The vote in the UN Security Council was decided by Nigeria at the last moment not supporting the Palestinian proposal. That is not quite surprising, considering the following:

1) The President of Nigeria, Goodluck Jonathan is a Christian.

2) He is not just a Christian, he is an Evangelical Christian. He is member of the Nigerian Word of Life Bible Church which is closely connected with the Evangelical Churches in the United States, fanatic supporters of the extreme right in Israel.

3) President Goodluck Jonathan and the Pastor 'Ayodele Joseph Oritsejafor, head of Word of Life Bible Church, were last year on pilgrimage in Israel. It was not just a religious pilgrimage, they also met Netanyahu.

4) Three months ago, in September 2014, the authorities in South Africa searched a Nigerian airplane and found on board three suitcases containing a total of 9,300,000 Dollars in cash. The money was confiscated according to rules against international money laundering.

5) On the plane were three passengers - two Nigerians and an Israeli named Eyal Masika. It was Masika who had the combination for opening the money suitcases.
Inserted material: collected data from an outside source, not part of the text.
ghost use Rattle.std.specs.Prelude.{◌≡◌, ◌+◌, ◌-◌, ◌<◌, ◌≤◌, ℕ, List, [], ◌++◌, Some, length, take, IfOk, IfErr, IfSome, IsOkAnd, OnErr, vec_len, vec_capacity};
ghost use Rattle.std.specs.Io.KnownBytes.{Keeps};
ghost use Rattle.nbd_wire.specs.Head.{head_bytes};
ghost use Rattle.nbd_wire.specs.Request.{handed_len};
ghost use Rattle.nbd_wire.specs.Stream.{in_head, failed, reading, fresh, IsKeptWrite, IsDiscardedWrite, Reads, Feeds, Fills, answered, end_of, held, missing_len, room_of};
ghost use Rattle.nbd_wire.specs.State.{kept, reader_of, IsState, IsReader};
ghost use Rattle.nbd_wire.specs.inner.State.{wanted_of, found, Advances, AdvancesTo, IsGoing, IsQuiet, IsReadBehind};

use crate::command::WRITE;
use crate::error::{RequestFault, WireFault};
use crate::head::{RequestHead, decode_request};
use crate::message::Request;
use std::alloc::{AllocError, Global};
use std::io::{self, Read};
use std::marker::Model;

/// The most bytes of data that a WRITE is handed on with: 1 MiB.
pub const MAX_PAYLOAD: u32 = 1_048_576;
/// The most bytes of data that are read after a WRITE's head: 32 MiB.
pub const MAX_THROWN_AWAY: u32 = 33_554_432;

const HEAD_LEN: usize = 28;

// The most bytes that are read at once into the room of data: 64 KiB. They are made zero first, and lie in a cache then.
const MOST_LENT: usize = 65_536;

/// Where a reader gets memory for the data of WRITEs.
pub trait DataBuffers {
    /// An empty buffer with room for this many bytes; None if there is none.
    fn take(&self, room: usize) -> Option<Vec<u8>>
        ensures { IfSome result (λ buffer. (buffer.items ≡ []) × (room ≤ vec_capacity buffer)) };
}

/// There are none: the reader takes memory of its own.
impl DataBuffers for () {
    fn take(&self, _room: usize) -> Option<Vec<u8>> {
        None
    }
}

/// Takes requests from a stream of bytes, in whatever pieces it comes. It holds no more than the request at
/// hand, at most 28 bytes of a head and [`MAX_PAYLOAD`] of data.
#[derive(Drop)]
pub struct StreamReader {
    alloc: Global,
    // None is left where memory ran out.
    state: Option<State>,
}

impl Model for StreamReader {
    ghost use Rattle.nbd_wire.specs.Stream.{Reader};

    ghost Value = { Reader };

    ghost use Rattle.nbd_wire.specs.State.{reader_of, IsReader};

    ghost view = { λ reader. reader_of reader.state };

    ghost invariant = { λ reader. IsReader reader.state };
}

// What was read of the request at hand.
#[derive(Drop)]
enum State {
    // The first `count` bytes of its head.
    Head { bytes: [u8; 28], count: usize },
    // The head of a WRITE, and the first of its data.
    Data { head: RequestHead, bytes: Vec<u8> },
    // The head of a WRITE whose data aren't kept, and how many of them are still to come.
    Discard { head: RequestHead, missing: u32 },
    // Nothing is read any more.
    Failed(RequestFault),
}

impl StreamReader {
    /// A reader at the beginning of a stream.
    pub fn new(alloc: Global) -> StreamReader
        ensures { result ≡ fresh }
    {
        StreamReader {
            alloc,
            state: Some(at_start()),
        }
    }

    /// Reads the next piece of the stream, and answers the requests that are whole now ("Transmission" of
    /// NBD's `proto.md`). A head is looked at once its 28 bytes have come; the data of a WRITE longer than
    /// [`MAX_PAYLOAD`] are thrown away as they come.
    ///
    /// Refusals 0 (no memory), 3 (bad magic) and 4 (too long: a WRITE longer than [`MAX_THROWN_AWAY`]). Each
    /// comes after the requests before it, and all later calls give it too: what memory ran out for is lost.
    pub fn feed<B: DataBuffers>(
        &mut self,
        piece: &[u8],
        buffers: &B,
    ) -> Result<Vec<Request>, WireFault>
        // However the stream was cut, these are its next requests, up to its first fault.
        ensures stream { Feeds self.old piece.now (answered result) self.new }

        // A fault comes where there is no request before it, and then always.
        ensures fault { IfErr result (λ fault. end_of self.new ≡ Some fault) }
        ensures again { (fault : WireFault) → end_of self.old ≡ Some fault → result ≡ Err fault }
        ensures first { (fault : WireFault) → end_of self.new ≡ Some fault → IfOk result (λ requests. 0 < vec_len requests) }

        // A piece that ends neither a head nor data is taken with no memory.
        ensures part { length piece.now < missing_len self.old → IsOkAnd result (λ requests. requests.items ≡ []) }

        // Whatever is announced, no more than this is held.
        ensures held { held self.new < 28 + MAX_PAYLOAD }
    {
        // The state is moved out, and comes back but where memory runs out.
        let Some(state) = self.state.take() else {
            return Err(WireFault::NoMemory);
        };
        let (state, requests) = read_all(self.alloc, state, piece, buffers);
        self.state = state;
        answer(&self.state, requests)
    }

    /// How many bytes are still to come of the data at hand; none where nothing is kept of them.
    pub fn room(&self) -> usize
        ensures { result ≡ room_of self.now }
    {
        match &self.state {
            Some(State::Data { head, bytes }) => head.length as usize - bytes.len(),
            _ => 0,
        }
    }

    /// Reads once from the stream, straight into the room of the data at hand, 64 KiB of them at most. Their last byte is
    /// left to a piece, so that no request is whole after it. A fault of the stream leaves the reader as it was.
    pub fn fill<R: Read>(&mut self, input: &mut R) -> io::Result<usize>
        requires { 1 < room_of self.old }

        // What was read is a piece that was fed; at the end of the stream it is empty.
        ensures ok { IfOk result (λ count. Fills self.old (R.remaining input.old) (R.remaining input.new) count self.new) }
        ensures err { OnErr result ((self.new ≡ self.old) × Keeps (R.remaining input.old) (R.remaining input.new)) }
        ensures held { held self.new < 28 + MAX_PAYLOAD }
    {
        let Some(state) = self.state.take() else {
            return Ok(0);
        };
        let (state, count) = fill(state, input);
        self.state = Some(state);
        count
    }
}

// Nothing was read of the next request.
fn at_start() -> State
    ensures sound { IsState result }
    ensures value { kept result ≡ in_head [] }
{
    State::Head {
        bytes: [0; HEAD_LEN],
        count: 0,
    }
}

// The requests, or why none is handed out.
fn answer(state: &Option<State>, requests: Vec<Request>) -> Result<Vec<Request>, WireFault>
    ensures answered { answered result ≡ requests.items }
    ensures fault { IfErr result (λ fault. end_of (reader_of state.now) ≡ Some fault) }
    ensures first { (fault : WireFault) → end_of (reader_of state.now) ≡ Some fault
        → IfOk result (λ handed. 0 < vec_len handed) }
    ensures none { (fault : WireFault) → end_of (reader_of state.now) ≡ Some fault → requests.items ≡ []
        → result ≡ Err fault }
    ensures going { IsGoing (reader_of state.now) → result ≡ Ok requests }
{
    match state {
        Some(State::Failed(fault)) if requests.is_empty() => Err(WireFault::Malformed(*fault)),
        None if requests.is_empty() => Err(WireFault::NoMemory),
        _ => Ok(requests),
    }
}

// Reads all of the piece, but where memory runs out. After a fault the requests are those before it.
fn read_all<B: DataBuffers>(
    alloc: Global,
    state: State,
    piece: &[u8],
    buffers: &B,
) -> (Option<State>, Vec<Request>)
    requires { IsState state }
    ensures sound { IsReader result.0 }
    ensures reads { AdvancesTo (kept state) piece.now result.1.items (reader_of result.0) }
    ensures part { length piece.now < missing_len (reading (kept state))
        → (result.1.items ≡ []) × IsGoing (reader_of result.0) }
    ensures ended { (fault : RequestFault) → kept state ≡ failed fault
        → (result.1.items ≡ []) × (reader_of result.0 ≡ reading (failed fault)) }
{
    let mut requests = Vec::new(alloc);
    if let State::Failed(_) = state {
        return (Some(state), requests);
    }
    let mut state = state;
    let mut rest = piece;
    while !rest.is_empty() {
        let (front, behind) = rest.split_at(rest.len().min(wanted(&state)));
        let Ok((next, request)) = advance(alloc, state, front, buffers) else {
            return (None, requests);
        };
        state = next;
        if let Some(request) = request {
            if requests.push(request).is_err() {
                return (None, requests);
            }
        }
        rest = behind;
    }
    (Some(state), requests)
}

// How many bytes end what is being read.
fn wanted(state: &State) -> usize
    requires { IsState state.now }
    ensures value { result ≡ wanted_of state.now }
    ensures some { 0 < result }
{
    match state {
        State::Head { count, .. } => HEAD_LEN - *count,
        State::Data { head, bytes } => head.length as usize - bytes.len(),
        State::Discard { missing, .. } => *missing as usize,
        State::Failed(_) => usize::MAX,
    }
}

// Takes the next bytes, and answers the request that is whole now.
fn advance<B: DataBuffers>(
    alloc: Global,
    state: State,
    more: &[u8],
    buffers: &B,
) -> Result<(State, Option<Request>), AllocError>
    requires sound { IsState state }
    requires wanted { length more.now ≤ wanted_of state }
    ensures sound { IfOk result (λ step. IsState step.0) }
    ensures reads { IfOk result (λ step. Advances (kept state) more.now (found step.1) (kept step.0)) }
    ensures part { length more.now < missing_len (reading (kept state)) → IsOkAnd result IsQuiet }
{
    match state {
        State::Head { bytes, count } => take_head(alloc, bytes, count, more, buffers),
        State::Data { head, bytes } => Ok(take_data(head, bytes, more)),
        State::Discard { head, missing } => { Ok(discard(alloc, head, missing, more.len() as u32)) }
        State::Failed(fault) => Ok((State::Failed(fault), None)),
    }
}

fn take_head<B: DataBuffers>(
    alloc: Global,
    mut bytes: [u8; 28],
    count: usize,
    more: &[u8],
    buffers: &B,
) -> Result<(State, Option<Request>), AllocError>
    requires wanted { count + length more.now ≤ 28 }
    ensures sound { IfOk result (λ step. IsState step.0) }
    ensures reads { IfOk result (λ step. Reads (take count bytes ++ more.now) (found step.1) (kept step.0)) }
    ensures part { count + length more.now < 28 → IsOkAnd result IsQuiet }
{
    let end = count + more.len();
    bytes[count..end].copy_from_slice(more);
    if end < HEAD_LEN {
        let count = end;
        return Ok((State::Head { bytes, count }, None));
    }
    begin(alloc, &bytes, buffers)
}

// Decides by a head what follows it; a request with no data is whole.
fn begin<B: DataBuffers>(
    alloc: Global,
    bytes: &[u8; 28],
    buffers: &B,
) -> Result<(State, Option<Request>), AllocError>
    ensures sound { IfOk result (λ step. IsState step.0) }
    ensures reads { IfOk result (λ step. Reads bytes.now (found step.1) (kept step.0)) }
{
    let Ok(head) = decode_request(bytes) else {
        return Ok((State::Failed(RequestFault::BadMagic), None));
    };
    if head.kind != WRITE || head.length == 0 {
        return Ok((at_start(), Some(without_data(alloc, head))));
    }
    if head.length <= MAX_PAYLOAD {
        // The room for all of the data.
        let bytes = room_for(alloc, head.length as usize, buffers)?;
        return Ok((State::Data { head, bytes }, None));
    }
    if head.length <= MAX_THROWN_AWAY {
        let missing = head.length;
        return Ok((State::Discard { head, missing }, None));
    }
    Ok((State::Failed(RequestFault::TooLong), None))
}

// An empty buffer with room for this many bytes.
fn room_for<B: DataBuffers>(alloc: Global, room: usize, buffers: &B) -> Result<Vec<u8>, AllocError>
    ensures { IfOk result (λ bytes. (bytes.items ≡ []) × (room ≤ vec_capacity bytes)) }
{
    match buffers.take(room) {
        Some(buffer) => Ok(buffer),
        None => Vec::with_capacity(alloc, room),
    }
}

fn without_data(alloc: Global, head: RequestHead) -> Request
    requires { handed_len head ≡ 0 }
    ensures { result ≡ record { head = head; bytes = [] } }
{
    Request::new(head, Vec::new(alloc))
}

fn take_data(head: RequestHead, mut bytes: Vec<u8>, more: &[u8]) -> (State, Option<Request>)
    requires write { IsKeptWrite head }
    requires wanted { vec_len bytes + length more.now ≤ head.length }
    requires room { head.length ≤ vec_capacity bytes }
    ensures sound { IsState result.0 }
    ensures reads { Reads (head_bytes head ++ (bytes.items ++ more.now)) (found result.1) (kept result.0) }
    ensures part { vec_len bytes + length more.now < head.length → IsQuiet result }
{
    // The room was reserved.
    bytes.extend_from_slice(more).unwrap();
    if bytes.len() < head.length as usize {
        return (State::Data { head, bytes }, None);
    }
    (at_start(), Some(Request::new(head, bytes)))
}

// Passes over `count` bytes of data that aren't kept.
fn discard(alloc: Global, head: RequestHead, missing: u32, count: u32) -> (State, Option<Request>)
    requires write { IsDiscardedWrite head }
    requires within { missing ≤ head.length }
    requires wanted { count ≤ missing }
    ensures sound { IsState result.0 }
    ensures reads { (sent : List ℕ) → length sent + (missing - count) ≡ head.length
        → Reads (head_bytes head ++ sent) (found result.1) (kept result.0) }
    ensures part { count < missing → IsQuiet result }
{
    let missing = missing - count;
    if missing > 0 {
        return (State::Discard { head, missing }, None);
    }
    (at_start(), Some(without_data(alloc, head)))
}

// Reads once into the room of the data at hand.
fn fill<R: Read>(state: State, input: &mut R) -> (State, io::Result<usize>)
    requires sound { IsState state }
    requires room { 1 < room_of (reading (kept state)) }
    ensures sound { IsState result.0 }
    ensures ok { IfOk result.1 (λ count. Fills (reading (kept state)) (R.remaining input.old) (R.remaining input.new) count (reading (kept result.0))) }
    ensures err { OnErr result.1 ((kept result.0 ≡ kept state) × Keeps (R.remaining input.old) (R.remaining input.new)) }
{
    match state {
        State::Data { head, bytes } => {
            let most = head.length as usize - 1 - bytes.len();
            let (bytes, count) = read_after(input, bytes, most.min(MOST_LENT));
            (State::Data { head, bytes }, count)
        }
        state => (state, Ok(0)),
    }
}

// Reads once, up to this many bytes, after bytes that have the room for them.
fn read_after<R: Read>(
    input: &mut R,
    mut bytes: Vec<u8>,
    most: usize,
) -> (Vec<u8>, io::Result<usize>)
    requires some { 0 < most }
    requires room { vec_len bytes + most ≤ vec_capacity bytes }
    ensures ok { IfOk result.1 (λ count. IsReadBehind bytes.items (R.remaining input.old) (R.remaining input.new) count result.0.items) }
    ensures err { OnErr result.1 ((result.0.items ≡ bytes.items) × Keeps (R.remaining input.old) (R.remaining input.new)) }
    ensures most { vec_len result.0 ≤ vec_len bytes + most }
    ensures room { vec_capacity bytes ≤ vec_capacity result.0 }
{
    let len = bytes.len();
    // The room was reserved.
    bytes.resize(len + most, 0).unwrap();
    match input.read(&mut bytes[len..]) {
        Ok(count) => {
            bytes.truncate(len + count);
            (bytes, Ok(count))
        }
        Err(error) => {
            bytes.truncate(len);
            (bytes, Err(error))
        }
    }
}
6)  Eyal Masika lives in the capital city of Nigeria, Exactly what is he doing there? Nobody knows,

7) The plane on which Eyal Masika was travelling with the 9,300,000 Dollars was owned or chartered by the Word of Life Bible Church of Pastor 'Ayodele Joseph Oritsejafor. 

8) After all this came out, President Goodluck Jonathan of Nigeria contacted directly President Jacob Zuma of South Africa, said that  the 9,300,000 Dollars belonged to the Government of Nigeria and asked for the return of the money. President Zuma agreed. 

9) All this affair with the 9,300,000 Dollars happened in September this year, when it was already well-known that the Palestinians were going to the Security Council and that Nigeria was going to be one of the countries deciding the outcome of the vote.

There was no need for any extensive detective work to find all this. A quarter of an hour on Wikipedia and the Internet were quite enough.